Newsom has declared a moratorium on executions, which almost any of the GOP candidates would almost certainly lift. Elder, who is Black, argues that there is no such thing as anti-Black racism in the criminal justice system. All of the GOP candidates favor increasing funding for police. And remember: The governor appoints all appellate-level judges, including members of the state Supreme Court.
7. Environment
The wildfires are wreaking destruction and disruption all over the state. Newsom inherited much of the disaster, which comes from decades of failed fire-control policies and global climate change. There are so many connected issues here that it’s hard to even start making a list, so let’s just look at one: The California Air Resources Board.
That’s the agency that tells car companies how high their mileage standards and how low the tailpipe emissions have to be. That decision has huge national implications—the standards set in the nation’s largest auto market quickly become the standards everywhere. And that, in turn, has an impact on global climate change. Can you imagine what sort of person the right-wing GOP candidates would appoint to run that agency?
8. Climate Justice
Newsom has long acknowledged that climate change is real, that it’s caused by human activities, and that the state has a major role to play in addressing it. He’s pushing to phase out gas-powered cars by 2035.
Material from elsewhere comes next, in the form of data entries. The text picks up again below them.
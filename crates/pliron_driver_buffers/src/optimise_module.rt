//! Passes on a module of MLIR.
ghost use Rattle.std.specs.Prelude.{◌≡◌, ◌≢◌, ◌⊎◌, ◌++◌, map, IfOk, IfErr};
ghost use Rattle.pliron_driver.specs.Answered.{IsOptimised, status_line};
ghost use Rattle.pliron_driver.specs.Ran.{RunsAlone};
ghost use Rattle.pliron_driver_buffers.specs.Fills.{Fills};
ghost use Rattle.pliron_driver_buffers.specs.Optimises.{Explains};
ghost use Rattle.pliron_driver_buffers.specs.Modules.{IsWord, IsAsked, OptimisesModule, number_of_change};
ghost use Rattle.pliron_driver_modules.specs.Outcomes.{AsksFor};

use crate::buffer::{put, put_nothing};
use crate::status::{CallFailure, Status};
use pliron_core::IRStatus;
use pliron_driver::{NoObserver, OptimisedText, TextFailure, optimise, passes_of};
use pliron_driver_instrument::{
    InstrumentationOptions, InstrumentedPipeline, InstrumentedStep, PipelineText, PlanError,
    Timeless, instrumented_pipeline, is_short,
};
use pliron_driver_modules::{ModuleNotation, read_plan};
use pliron_pass::{BenchFactKind, Pass};
use std::alloc::Global;

/// The most bytes of a module.
pub const MAX_MODULE: usize = 268_435_456;

/// A pass on modules of a notation, whose time nobody asks for.
pub type ModulePass<N> = InstrumentedStep<N, Timeless>;

/// Passes that a word asks for.
pub type ModulePipeline<N> = InstrumentedPipeline<N, Timeless>;

// The passes that the word asks for: of an empty one, none. Errors: it isn't a list of names of passes; allocation
// failure.
fn plan_of<'w>(alloc: Global, word: &'w [u8]) -> Result<PipelineText<'w>, CallFailure>
    ensures asked { IfOk result (λ plan. AsksFor word.now plan.runs plan.nested
        (map (λ name. name.now) plan.names.items)) }
    ensures failure { IfErr result (λ failure. (failure ≡ CallFailure.Arguments) ⊎ (failure ≡ CallFailure.Memory)) }
{
    let Ok(word) = str::from_utf8(word) else {
        return Err(CallFailure::Arguments);
    };
    match read_plan(alloc, word) {
        Ok(plan) => Ok(plan),
        Err(PlanError::Word(_)) => Err(CallFailure::Arguments),
        Err(PlanError::Memory) => Err(CallFailure::Memory),
    }
}

// The pipeline that the word asks for. Errors: it isn't a list of names of passes; allocation failure.
fn pipeline_of<N: ModuleNotation>(
    alloc: Global,
    word: &[u8],
) -> Result<ModulePipeline<N>, CallFailure>
    ensures asked { IfOk result (IsAsked ⟦<ModulePass<N> as Pass>⟧.name word.now) }
    ensures failure { IfErr result (λ failure. (failure ≡ CallFailure.Arguments) ⊎ (failure ≡ CallFailure.Memory)) }
{
    let plan = plan_of(alloc, word)?;
    let nothing = InstrumentationOptions::nothing();
    match instrumented_pipeline::<N, Timeless>(alloc, &plan, &nothing, Timeless)? {
        Some(pipeline) => Ok(pipeline),
        None => Err(CallFailure::Arguments),
    }
}

// What the passes make of the module, printed, and whether it changed.
//
// Errors: the text is outside the generic form or too long; those of the passes; allocation failure.
fn answer_of<N: ModuleNotation>(
    alloc: Global,
    pipeline: &mut ModulePipeline<N>,
    text: &[u8],
) -> Result<OptimisedText, CallFailure>
    ensures answer { IfOk result (λ made. IsOptimised N.reads N.prints N.D.meaning
        (RunsAlone ⟦<BenchFactKind as PartialEq>⟧.eq ⟦<ModulePipeline<N> as Pass>⟧.outcome pipeline.old)
        text.now (made.printed.items ++ status_line made.status)) }
    ensures failure { IfErr result (λ failure. failure ≢ CallFailure.Arguments) }
{
    if text.len() > MAX_MODULE {
        return Err(CallFailure::Text);
    }
    let mut nothing = NoObserver;
    match optimise::<N, ModulePass<N>, NoObserver>(alloc, pipeline, text, &mut nothing) {
        // Memory was refused for what is noted of a pass: with that `plir_mlir` gives no answer either.
        Ok(_) if is_short(passes_of(pipeline)) => Err(CallFailure::Memory),
        Ok(made) => Ok(made),
        Err(TextFailure::Text(_)) => Err(CallFailure::Text),
        Err(TextFailure::Refused(error)) => Err(CallFailure::of(error)),
    }
}

// What the passes that the word asks for make of the module, printed, and whether it changed.
fn optimise_module<N: ModuleNotation>(
    alloc: Global,
    word: &[u8],
    text: &[u8],
) -> Result<OptimisedText, CallFailure>
    ensures answer { IfOk result (λ made. OptimisesModule ⟦<ModulePass<N> as Pass>⟧.name
        N.reads N.prints N.D.meaning
        (RunsAlone ⟦<BenchFactKind as PartialEq>⟧.eq ⟦<ModulePipeline<N> as Pass>⟧.outcome)
        word.now text.now (number_of_change made.status) made.printed.items) }
    ensures failure { IfErr result (Explains (IsWord ⟦<ModulePass<N> as Pass>⟧.name
        (RunsAlone ⟦<BenchFactKind as PartialEq>⟧.eq ⟦<ModulePipeline<N> as Pass>⟧.outcome) word.now)) }
{
    let mut pipeline = pipeline_of::<N>(alloc, word)?;
    answer_of::<N>(alloc, &mut pipeline, text)
}

// The number by which other languages know whether a tree changed.
fn change_number(status: IRStatus) -> u32
    ensures { result ≡ number_of_change status }
{
    match status {
        IRStatus::Changed => 1,
        IRStatus::Unchanged => 0,
    }
}

/// Runs the passes that a word asks for on a module in MLIR's generic form, puts the module that they leave into the
/// buffer, and nothing else: what `plir_mlir` writes for the word and the input. Reports the answer's length, or 0
/// where no answer is known, and in `changed` 1 where the passes changed the module, and else 0.
///
/// The word is that of `PipelineText::read`; an empty one asks for no pass. There is no answer to another word, to a
/// text that `read_module` refuses or of more than 268,435,456 bytes, where the passes gave up, and on allocation
/// failure. Nothing is written to the buffer unless the whole answer fits. Cost: linear in the texts, and that of the
/// passes.
pub fn optimise_module_into<N: ModuleNotation>(
    alloc: Global,
    word: &[u8],
    text: &[u8],
    output: &mut [u8],
    needed: &mut usize,
    changed: &mut u32,
) -> Status
    ensures { Fills (OptimisesModule ⟦<ModulePass<N> as Pass>⟧.name N.reads N.prints N.D.meaning
        (RunsAlone ⟦<BenchFactKind as PartialEq>⟧.eq ⟦<ModulePipeline<N> as Pass>⟧.outcome)
        word.now text.now changed.new) (λ failure. Explains (IsWord ⟦<ModulePass<N> as Pass>⟧.name
        (RunsAlone ⟦<BenchFactKind as PartialEq>⟧.eq ⟦<ModulePipeline<N> as Pass>⟧.outcome) word.now) failure
        × (changed.new ≡ 0)) output.old output.new needed.new result }
{
    match optimise_module::<N>(alloc, word, text) {
        Ok(made) => {
            *changed = change_number(made.status);
            put(&made.printed, output, needed)
        }
        Err(failure) => {
            *changed = 0;
            put_nothing(failure, needed)
        }
    }
}
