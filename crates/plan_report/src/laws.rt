//! Laws over the definitions alone: the contract of each function is the law.

ghost use Rattle.plan_report.specs.inside.Laws.{AuditsCanBeWritten, RepairedIsReadBack, ReportIsReadBack, TrueOutcomesCanBeWritten};

use plan_audit::laws::legs_are_of_book;
use tail_book::laws::legal_routes_rise;

/// The plan of a true outcome has one route for each aircraft, of activities of the book.
pub fn true_outcomes_can_be_written()
    ensures { TrueOutcomesCanBeWritten }
{
    legal_routes_rise();
}

/// The numbers in the broken rules of an audit are of the book.
pub fn audits_can_be_written()
    ensures { AuditsCanBeWritten }
{
    legs_are_of_book();
}

/// What is written of an outcome with a plan is read as the names of that plan.
pub fn report_is_read_back()
    ensures { ReportIsReadBack }
{}

/// What is written of a repaired plan is read as the names of that plan.
pub fn repaired_is_read_back()
    ensures { RepairedIsReadBack }
{}
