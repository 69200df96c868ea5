//! The plan in a file, up to the file's first refusal.
//!
//! The file is what the planner prints with a plan: a first line, and a line for each aircraft. It is read in one pass.
//! Names are kept as they stand, since no book is at hand to look them up.

ghost use Rattle.std.specs.Prelude.{◌≡◌, ◌≤◌, length, IfOk};
ghost use Rattle.tail_book.specs.declared.limits.TheConstants.{ACTIVITY_LIMIT, TAIL_LIMIT};
ghost use Rattle.tail_text.specs.inside.Reading.{Answers};
ghost use Rattle.tail_text.specs.declared.refusal.Stopped.TheVariants.{Refused};
ghost use Rattle.plan_report.specs.inside.PlanText.{IsSmallPlan};
ghost use Rattle.plan_report.specs.PlanText.{ids_in, is_cost, is_first_line, is_heading, line_in, line_of, lines_from, plan_in, plan_of, refused, tail_in, takes_two, without_mark};

use crate::text_lines::{TextLine, TextLines};
use std::alloc::Global;
use tail_book::limits::{ACTIVITY_LIMIT, TAIL_LIMIT};
use tail_book::{Name, RawLine, RawPlan};
use tail_text::{Parts, Refusal, SIZE_LIMIT, Stopped, Table, codes, name, number};

/// The plan in a file, with the names as they stand there, or the file's first refusal. A refusal's place is the number
/// of its line, counted from 1, or 0 where the whole file is meant.
pub fn read_plan(alloc: Global, bytes: &[u8]) -> Result<RawPlan, Stopped>
    ensures plan { Answers (λ plan. plan) (plan_in bytes.now) result }
    ensures small { IfOk result IsSmallPlan }
{
    if bytes.len() > SIZE_LIMIT {
        return Err(refused(codes::TOO_BIG, 0));
    }
    let mut lines = TextLines::new(without_mark(bytes));
    plan_of(alloc, &mut lines)
}

fn refused(code: u8, place: u64) -> Stopped
    ensures { result ≡ Refused (refused code place) }
{
    Stopped::Refused(Refusal {
        code,
        table: Table::Plan,
        place,
    })
}

fn without_mark(bytes: &[u8]) -> &[u8]
    ensures { result.now ≡ without_mark bytes.now }
{
    match bytes.strip_prefix(b"\xEF\xBB\xBF".as_slice()) {
        Some(text) => text,
        None => bytes,
    }
}

fn plan_of(alloc: Global, lines: &mut TextLines<'_>) -> Result<RawPlan, Stopped>
    ensures plan { Answers (λ plan. plan) (plan_of lines.old) result }
    ensures small { IfOk result IsSmallPlan }
{
    let Some(first) = lines.take() else {
        return Err(refused(codes::HEADER, 1));
    };
    if !is_first_line(&first) {
        return Err(refused(codes::HEADER, 1));
    }
    lines_from(alloc, lines)
}

fn is_first_line(line: &TextLine<'_>) -> bool
    ensures { result ≡ is_first_line line.now }
{
    line.ends && is_heading(&mut Parts::new(line.text, b' '))
}

fn is_heading(parts: &mut Parts<'_>) -> bool
    ensures { result ≡ is_heading parts.old }
{
    let (first, low, high, more) = (parts.take(), parts.take(), parts.take(), parts.take());
    match (first, low, high, more) {
        (Some(first), Some(cost), None, _) => first == b"optimal".as_slice() && is_cost(cost),
        (Some(first), Some(low), Some(high), None) => {
            takes_two(first) && is_cost(low) && is_cost(high)
        }
        _ => false,
    }
}

// Whether two numbers follow the word: those of a limit, or of a repair.
fn takes_two(first: &[u8]) -> bool
    ensures { result ≡ takes_two first.now }
{
    first == b"limit".as_slice() || first == b"repaired".as_slice()
}

fn is_cost(part: &[u8]) -> bool
    ensures { result ≡ is_cost part.now }
{
    number(part, u64::MAX).is_ok()
}

// The lines under the first one.
fn lines_from(alloc: Global, left: &mut TextLines<'_>) -> Result<RawPlan, Stopped>
    ensures lines { Answers (λ plan. plan.lines) (lines_from 2 TAIL_LIMIT left.old) result }
    ensures small { IfOk result IsSmallPlan }
{
    let mut lines = Vec::new(alloc);
    while let Some(line) = left.take() {
        let place = lines.len() as u64 + 2;
        if lines.len() >= TAIL_LIMIT {
            return Err(refused(codes::TOO_MANY, place));
        }
        match line_in(alloc, place, &line) {
            Ok(line) => {
                if lines.push(line).is_err() {
                    return Err(Stopped::Memory);
                }
            }
            Err(stopped) => return Err(stopped),
        }
    }
    Ok(RawPlan { lines })
}

fn line_in(alloc: Global, place: u64, line: &TextLine<'_>) -> Result<RawLine, Stopped>
    ensures line { Answers (λ line. line) (line_in place line.now) result }
    ensures few { IfOk result (λ line. length line.ids ≤ ACTIVITY_LIMIT) }
{
    if !line.ends {
        return Err(refused(codes::SHAPE, place));
    }
    line_of(alloc, place, &mut Parts::new(line.text, b' '))
}

fn line_of(alloc: Global, place: u64, parts: &mut Parts<'_>) -> Result<RawLine, Stopped>
    ensures line { Answers (λ line. line) (line_of place parts.old) result }
    ensures few { IfOk result (λ line. length line.ids ≤ ACTIVITY_LIMIT) }
{
    let Some(part) = parts.take() else {
        return Err(refused(codes::SHAPE, place));
    };
    let tail = match tail_in(place, part) {
        Ok(tail) => tail,
        Err(stopped) => return Err(stopped),
    };
    match ids_in(alloc, place, parts) {
        Ok(ids) => Ok(RawLine { tail, ids }),
        Err(stopped) => Err(stopped),
    }
}

fn tail_in(place: u64, part: &[u8]) -> Result<Name, Stopped>
    ensures { Answers (λ tail. tail) (tail_in place part.now) result }
{
    let Some((last, front)) = part.split_last() else {
        return Err(refused(codes::SHAPE, place));
    };
    if *last != b':' {
        return Err(refused(codes::SHAPE, place));
    }
    match name(front) {
        Ok(tail) => Ok(tail),
        Err(_) => Err(refused(codes::SHAPE, place)),
    }
}

// The parts that are left, as ids. An id too many is kept back, since a bad one may follow it.
fn ids_in(alloc: Global, place: u64, parts: &mut Parts<'_>) -> Result<Vec<Name>, Stopped>
    ensures ids { Answers (λ ids. ids.items) (ids_in place parts.old) result }
    ensures few { IfOk result (λ ids. length ids.items ≤ ACTIVITY_LIMIT) }
{
    let mut ids = Vec::new(alloc);
    let mut too_many = false;
    while let Some(part) = parts.take() {
        let Ok(id) = name(part) else {
            return Err(refused(codes::SHAPE, place));
        };
        if ids.len() >= ACTIVITY_LIMIT {
            too_many = true;
        } else if ids.push(id).is_err() {
            return Err(Stopped::Memory);
        }
    }
    if too_many {
        return Err(refused(codes::TOO_MANY, place));
    }
    Ok(ids)
}
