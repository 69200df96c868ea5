//! The lines of a text, one after the other.
//!
//! They are the parts between newlines. What stands behind the last newline is a line only where it is not empty, and
//! then it has no newline of its own.

ghost use Rattle.std.specs.Prelude.{◌≡◌, ◌∷◌, [], MatchOption};
ghost use Rattle.plan_report.specs.TextLines.{lines_of};

use std::marker::Model;
use tail_text::Parts;

/// A line without its newline, and whether it has one. Contracts see the record of both.
#[derive(Drop)]
pub struct TextLine<'a> {
    pub text: &'a [u8],
    pub ends: bool,
}

impl<'a> Model for TextLine<'a> {
    ghost use Rattle.plan_report.specs.TextLines.{LineSeen};

    ghost Value = { LineSeen };

    ghost view = { λ l. record { text = l.text.now; ends = l.ends } };
}

/// The lines of a text that are still to be taken. Contracts see the list of them.
#[derive(Drop)]
pub struct TextLines<'a> {
    parts: Parts<'a>,
}

impl<'a> Model for TextLines<'a> {
    ghost use Rattle.std.specs.Prelude.{List};
    ghost use Rattle.plan_report.specs.TextLines.{LineSeen, lines_among};

    ghost Value = { List LineSeen };

    ghost view = { λ l. lines_among l.parts };
}

impl<'a> TextLines<'a> {
    /// All the lines of the text.
    pub fn new(text: &'a [u8]) -> TextLines<'a>
        ensures { result ≡ lines_of text.now }
    {
        TextLines {
            parts: Parts::new(text, b'\n'),
        }
    }

    /// Takes the first line that is left.
    pub fn take(&mut self) -> Option<TextLine<'a>>
        ensures { MatchOption result (self.old ≡ []) (λ line. self.old ≡ line ∷ self.new) }
    {
        let text = self.parts.take()?;
        let ends = !self.parts.is_done();
        if !ends && text.is_empty() {
            return None;
        }
        Some(TextLine { text, ends })
    }
}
It took him a while, but he’s finally agreed that fracking has to end in the state. The leading Republicans all kind of, sort of say that climate change is real, but they refuse to support any measures that would actually decarbonize the state. Elder’s plan is to restore nuclear power in the state.
9. Racial Justice
Newsom has generally supported efforts in the state legislature to start addressing systemic racism in California, including the creation of the state’s first task force to study and make recommendations on reparations. The simple step of eliminating racist standardized tests at the University of California has increased the number of African Americans accepted to the top state schools. Elder, as noted, says he doesn’t believe racism really exists in the U.S.
Enough said.
10. Economic Inequality
For most of Newsom’s career, he’s been cautious at best about taxing the rich. But he at least acknowledges that, as he put it recently, “The people on the top are doing pretty damn well.”
And he’s not talked about cutting any taxes. Cox wants the largest tax cut in modern state history.
Faulconer also trumpets huge tax reductions for the top earners.
Yes, the next governor will face voters again in November 2022. But a far-right governor can do a lot of damage in 14 months. That’s what’s really at stake Sept. 14.
This story first appeared at Capital and Main.